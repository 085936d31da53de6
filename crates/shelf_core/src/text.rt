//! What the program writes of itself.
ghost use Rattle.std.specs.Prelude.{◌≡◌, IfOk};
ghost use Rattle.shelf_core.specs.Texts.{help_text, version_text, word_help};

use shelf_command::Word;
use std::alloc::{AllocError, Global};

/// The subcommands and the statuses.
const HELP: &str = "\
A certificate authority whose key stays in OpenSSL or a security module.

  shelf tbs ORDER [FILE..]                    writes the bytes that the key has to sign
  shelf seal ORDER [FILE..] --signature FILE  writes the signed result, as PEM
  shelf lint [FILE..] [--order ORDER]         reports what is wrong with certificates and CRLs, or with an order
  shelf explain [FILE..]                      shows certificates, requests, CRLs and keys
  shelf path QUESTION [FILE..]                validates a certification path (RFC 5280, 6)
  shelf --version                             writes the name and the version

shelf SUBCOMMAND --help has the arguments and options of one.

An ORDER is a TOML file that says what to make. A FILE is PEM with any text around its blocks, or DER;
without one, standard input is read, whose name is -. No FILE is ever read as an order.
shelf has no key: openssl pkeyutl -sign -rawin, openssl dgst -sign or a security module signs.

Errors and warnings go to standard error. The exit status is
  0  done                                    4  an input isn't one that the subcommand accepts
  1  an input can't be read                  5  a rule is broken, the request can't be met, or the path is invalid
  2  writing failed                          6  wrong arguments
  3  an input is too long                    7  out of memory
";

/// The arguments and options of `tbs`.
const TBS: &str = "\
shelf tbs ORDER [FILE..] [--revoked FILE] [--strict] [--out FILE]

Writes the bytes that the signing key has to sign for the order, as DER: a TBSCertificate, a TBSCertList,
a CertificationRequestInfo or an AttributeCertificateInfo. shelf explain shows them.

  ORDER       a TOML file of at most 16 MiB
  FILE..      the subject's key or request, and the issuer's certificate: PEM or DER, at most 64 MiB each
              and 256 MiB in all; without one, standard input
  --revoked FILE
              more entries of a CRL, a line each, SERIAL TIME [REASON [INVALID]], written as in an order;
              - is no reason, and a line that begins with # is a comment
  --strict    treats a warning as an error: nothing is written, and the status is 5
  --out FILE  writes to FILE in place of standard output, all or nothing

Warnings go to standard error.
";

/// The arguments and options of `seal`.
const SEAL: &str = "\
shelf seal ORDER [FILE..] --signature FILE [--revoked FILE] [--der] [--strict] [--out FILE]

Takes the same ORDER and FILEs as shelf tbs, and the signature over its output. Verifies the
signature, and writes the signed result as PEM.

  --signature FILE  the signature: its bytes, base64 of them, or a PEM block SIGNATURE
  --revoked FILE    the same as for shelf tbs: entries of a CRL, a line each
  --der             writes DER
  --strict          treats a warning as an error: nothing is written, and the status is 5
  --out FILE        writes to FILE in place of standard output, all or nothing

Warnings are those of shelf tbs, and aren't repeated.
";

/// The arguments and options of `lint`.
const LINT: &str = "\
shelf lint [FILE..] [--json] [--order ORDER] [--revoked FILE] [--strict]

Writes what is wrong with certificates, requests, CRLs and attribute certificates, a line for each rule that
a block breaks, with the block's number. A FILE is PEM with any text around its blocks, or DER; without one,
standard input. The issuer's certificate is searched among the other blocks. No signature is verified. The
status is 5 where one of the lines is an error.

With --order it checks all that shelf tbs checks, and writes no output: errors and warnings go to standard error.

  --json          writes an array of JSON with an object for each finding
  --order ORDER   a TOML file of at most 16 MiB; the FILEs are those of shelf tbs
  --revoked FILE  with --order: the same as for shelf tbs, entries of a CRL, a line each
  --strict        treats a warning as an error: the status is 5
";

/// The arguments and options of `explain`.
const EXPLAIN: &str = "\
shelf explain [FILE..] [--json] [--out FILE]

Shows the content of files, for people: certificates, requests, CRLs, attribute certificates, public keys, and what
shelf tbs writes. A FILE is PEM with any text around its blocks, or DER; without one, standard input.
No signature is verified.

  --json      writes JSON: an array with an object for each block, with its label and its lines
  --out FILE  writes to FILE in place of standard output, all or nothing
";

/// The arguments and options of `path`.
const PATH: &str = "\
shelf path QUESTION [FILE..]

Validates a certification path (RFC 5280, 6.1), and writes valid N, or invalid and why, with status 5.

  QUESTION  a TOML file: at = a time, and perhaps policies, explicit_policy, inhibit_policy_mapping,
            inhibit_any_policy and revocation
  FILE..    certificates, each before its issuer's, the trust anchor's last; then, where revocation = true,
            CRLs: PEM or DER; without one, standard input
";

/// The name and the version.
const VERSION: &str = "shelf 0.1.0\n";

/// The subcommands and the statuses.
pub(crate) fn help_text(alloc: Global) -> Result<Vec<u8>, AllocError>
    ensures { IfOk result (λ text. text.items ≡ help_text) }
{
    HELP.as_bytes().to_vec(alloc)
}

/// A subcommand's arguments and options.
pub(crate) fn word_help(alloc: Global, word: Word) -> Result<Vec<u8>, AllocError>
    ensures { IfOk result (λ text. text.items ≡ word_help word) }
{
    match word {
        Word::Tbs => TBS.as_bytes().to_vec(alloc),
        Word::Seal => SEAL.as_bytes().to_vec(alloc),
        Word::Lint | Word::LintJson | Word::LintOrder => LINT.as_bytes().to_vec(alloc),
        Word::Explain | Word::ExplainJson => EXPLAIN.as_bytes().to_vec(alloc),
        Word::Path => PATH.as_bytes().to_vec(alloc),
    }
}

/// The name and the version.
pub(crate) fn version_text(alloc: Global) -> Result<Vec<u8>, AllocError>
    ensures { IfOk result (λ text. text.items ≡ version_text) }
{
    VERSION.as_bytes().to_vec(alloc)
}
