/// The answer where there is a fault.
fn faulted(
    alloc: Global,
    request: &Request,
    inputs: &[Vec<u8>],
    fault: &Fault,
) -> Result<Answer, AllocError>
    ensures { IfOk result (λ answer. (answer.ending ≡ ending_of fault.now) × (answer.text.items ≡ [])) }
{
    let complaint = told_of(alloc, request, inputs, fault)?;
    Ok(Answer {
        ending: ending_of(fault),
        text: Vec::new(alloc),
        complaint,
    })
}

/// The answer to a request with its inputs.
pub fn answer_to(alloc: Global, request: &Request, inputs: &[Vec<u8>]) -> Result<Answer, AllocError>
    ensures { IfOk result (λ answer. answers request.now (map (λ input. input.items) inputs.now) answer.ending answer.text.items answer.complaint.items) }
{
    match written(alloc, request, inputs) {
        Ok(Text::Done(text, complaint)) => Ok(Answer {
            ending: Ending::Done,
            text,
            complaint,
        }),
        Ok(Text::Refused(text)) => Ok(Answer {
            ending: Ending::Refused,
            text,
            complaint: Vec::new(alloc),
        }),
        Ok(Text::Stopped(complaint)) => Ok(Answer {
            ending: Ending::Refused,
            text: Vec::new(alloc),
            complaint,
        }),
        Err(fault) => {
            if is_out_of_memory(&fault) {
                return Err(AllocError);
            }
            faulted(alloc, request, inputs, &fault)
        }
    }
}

********************

• **Exercise**
Looking at the data above, return every line from the one with "tbs: entries of a CRL, a line each" down to the one with "Writes what is", exactly and inclusively.

• **Output**
  --revoked FILE    the same as for shelf tbs: entries of a CRL, a line each
  --der             writes DER
  --strict          treats a warning as an error: nothing is written, and the status is 5
  --out FILE        writes to FILE in place of standard output, all or nothing

Warnings are those of shelf tbs, and aren't repeated.
";

/// The arguments and options of `lint`.
const LINT: &str = "\
shelf lint [FILE..] [--json] [--order ORDER] [--revoked FILE] [--strict]

Writes what is wrong with certificates, requests, CRLs and attribute certificates, a line for each rule that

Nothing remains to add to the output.